▶ _Stored items_:
────────────────────
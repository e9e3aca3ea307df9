ghost use Rattle.std.specs.Prelude.{◌≡◌, ◌<◌, ◌≤◌, ◌⊎◌, ◌+◌, ◌^◌, IfOk, List, true, false};
ghost use Rattle.farm_io.specs.Doors.{DoesListen};
ghost use Rattle.farm_io.specs.Streams.{Rose};
ghost use Rattle.farm_model.specs.State.{start};
ghost use Rattle.farm_kinds.specs.declared.events.Event.{Event as EventValue};
ghost use Rattle.farm_board.specs.Histories.{opening_board, IsOpening};
ghost use Rattle.judge_feed.specs.Refreshing.{IsFresh};
ghost use Rattle.contest_server.specs.Beside.{HasSplit};
ghost use Rattle.contest_server.specs.Contest.{entering_events, open_limit, seats, view_of};
ghost use Rattle.farm_api.specs.Exchanges.{around_of};
ghost use Rattle.contest_folder.specs.JudgingCases.{case_at};
ghost use Rattle.contest_server.specs.Visits.{watch, on_board};
ghost use Rattle.contest_server.specs.Serving.{HasCauseEnd};
ghost use Rattle.contest_server.specs.Served.{Serves};

use crate::boards::serve_board;
use crate::ends::ServeEnd;
use crate::public::Public;
use crate::service::Ground;
use crate::shown::Shown;
use contest_folder::Roster;
use farm_api::Paths;
use farm_board::{Admission, Anyone, Board, Pass};
use farm_core::Farm;
use farm_io::{Clock, Door, Sink};
use farm_kinds::NoMemory;
use judge_feed::{Feed, Naming};
use parallel_judge::{enter_problems, enter_submissions};
use std::alloc::Global;
use std::marker::Brand;
use std::sync::Wait;
use std::thread::Threads;

/// How many connections may wait for their line to be written, because one that came before them is still being served.
const UNTOLD: u16 = 8192;

/// How many calls the feed may make.
const FEED_SHARE: u64 = 1 << 60;

/// Serves a contest to the connections of a door, `connections` at the most. Each is served by a worker of its own as
/// soon as it was accepted, or by the caller where none can be started, and at most `lanes` at the same time: then they
/// are asked to close, the one that was accepted first at first and each a moment behind the one before it, until one has
/// ended, before the next is accepted.
/// Connections are given back to the door and their lines written in the order in which they came, each as soon as it and
/// all before it have ended and another one comes; behind the lines stands the text of `board`. Where 8,192 wait for
/// that, the one that was accepted first is waited for.
///
/// Each connection has a pass for 2^42 calls of the board, which is more than its requests can need, and gives back those
/// that it has not made. So the 2^62 calls of a board last for any number of connections. Where too few are left for one
/// more, the serving ends as where no memory is left.
///
/// Anybody is shown the names of the contest, and a page with what the public sees.
///
/// Where the door fails, the connections that were accepted are served and their lines written, but no board. Where a
/// text can't be written, they are served and given back.
pub fn serve_contest<R: Threads + Wait + Sync, D: Door, K: Sink, C: Clock + Sync>(
    rt: &R,
    alloc: Global,
    roster: &Roster,
    lanes: u16,
    connections: u32,
    clock: &C,
    door: &mut D,
    out: &mut K,
) -> ServeEnd
where
    D::Conn: Drop,
    requires lanes { (1 ≤ lanes) × (lanes ≤ 16) }
    requires door { (D.state door.old).returned ≤ (D.state door.old).accepted }
    requires listens { DoesListen (D.state door.old) }
    ensures serves { Serves (on_board (opening_board (start roster.now.settings) (seats lanes) false) (case_at roster.now) (view_of roster.now)
        (watch D.Conn.left D.Conn.held D.Conn.Source.faults D.Conn.Sink.faults (around_of (C.shows clock.now) D.Conn.Peer.asks)))
        (opening_board (start roster.now.settings) (seats lanes) false)
        (entering_events roster.now) (D.state door.old) (D.state door.new) (K.held out.old) (K.held out.new) connections result }
    ensures cause { HasCauseEnd (D.faults door.old) (D.faults door.new) (K.faults out.old) (K.faults out.new) result }
    ensures complete { ¬ Rose (D.faults door.old) (D.faults door.new) → ¬ Rose (K.faults out.old) (K.faults out.new)
        → (result ≡ ServeEnd.Done) ⊎ (result ≡ ServeEnd.NoMemory) }
{
    let Ok(paths) = Paths::new(alloc) else {
        return ServeEnd::NoMemory;
    };
    let Ok(shown) = Shown::of(alloc, roster) else {
        return ServeEnd::NoMemory;
    };
    let Ok((board, pass, own)) = open_board::<R, Brand>(rt, alloc, roster, lanes) else {
        return ServeEnd::NoMemory;
    };
    let ground = Ground {
        rt,
        alloc,
        paths: &paths,
        board: &board,
        clock,
        cases: &shown,
        workers: lanes,
        most: UNTOLD + lanes,
    };
    let end = serve_named::<R, D, K, Brand, C, Brand>(&ground, door, out, pass, own, connections);
    drop(board);
    end
}

/// Serves a contest on a board that it has entered, where what the public sees is published by the feed's pass.
fn serve_named<
    R: Threads + Wait + Sync,
    D: Door,
    K: Sink,
    A: Admission + Send + Sync,
    C: Clock + Sync,
    J: Naming + Send + Sync,
>(
    ground: &Ground<'_, R, A, C, Shown<'_>>,
    door: &mut D,
    out: &mut K,
    pass: Pass<A>,
    own: Pass<A>,
    connections: u32,
) -> ServeEnd
where
    D::Conn: Drop,
    requires lanes { (1 ≤ ground.now.workers) × (ground.now.workers ≤ 16) }
    requires door { (D.state door.old).returned ≤ (D.state door.old).accepted }
    requires listens { DoesListen (D.state door.old) }
    requires named { ground.now.board.now.id ≡ J.board }
    requires opening { IsOpening J.start }
    requires fresh { IsFresh J.board J.start J.number own }
    requires board { pass.board ≡ ground.now.board.now.id }
    requires some { 0 < ground.now.most }
    requires spare { pass.spare ≡ ground.now.most }
    requires left { 2 ^ 62 ≤ pass.left + 2 ^ 61 }
    ensures serves { (events : List EventValue) → HasSplit J.start events pass own
        → Serves (on_board J.start (case_at ground.now.cases.now.roster.now) ground.now.cases.now.view
        (watch D.Conn.left D.Conn.held D.Conn.Source.faults D.Conn.Sink.faults (around_of (C.shows ground.now.clock.now) D.Conn.Peer.asks)))
        J.start events (D.state door.old) (D.state door.new) (K.held out.old) (K.held out.new) connections result }
    ensures cause { HasCauseEnd (D.faults door.old) (D.faults door.new) (K.faults out.old) (K.faults out.new) result }
{
    match Feed::<A, J>::open(ground.rt, ground.alloc, ground.board, own, ground.workers) {
        Err(_own) => ServeEnd::NoMemory,
        Ok((feed, readers)) => serve_board(
            ground,
            Public::new(ground.alloc, feed, readers),
            door,
            out,
            pass,
            connections,
        ),
    }
}

/// A board with a seat for each lane, its opening pass, by which the contest has entered, and the pass of the feed.
fn open_board<W: Wait, A: Admission>(
    rt: &W,
    alloc: Global,
    roster: &Roster,
    lanes: u16,
) -> Result<(Board<Anyone, A>, Pass<A>, Pass<A>), NoMemory>
    requires named { A.admits ≡ (λ task kind. true) }
    requires lanes { lanes ≤ 16 }
    ensures board { IfOk result (λ opened. opened.1.board ≡ opened.0.id) }
    ensures spare { IfOk result (λ opened. opened.1.spare ≡ open_limit lanes) }
    ensures left { IfOk result (λ opened. 2 ^ 62 ≤ opened.1.left + 2 ^ 61) }
    ensures entered { IfOk result (λ opened. HasSplit (opening_board (start roster.now.settings) (seats lanes) false)
        (entering_events roster.now) opened.1 opened.2) }
    ensures fresh { IfOk result (λ opened. IsFresh opened.0.id (opening_board (start roster.now.settings) (seats lanes) false) opened.2.number opened.2) }
{
    let farm = Farm::new(alloc, roster.settings().copy()?);
    let (board, mut pass) = Board::<Anyone, A>::new(
        alloc,
        farm,
        Anyone,
        UNTOLD + lanes + 2,
        false,
    )?;
    enter_problems(rt, &board, &mut pass, roster)?;
    enter_submissions(rt, &board, &mut pass, roster)?;
    let own = board.split(rt, &mut pass, FEED_SHARE);
    Ok((board, pass, own))
}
────────────────────
▶ _TASK TO CARRY OUT_: Tally every line of the entries that contains the word "calls", and respond with that number only.

▶ _ANSWER SECTION_: 3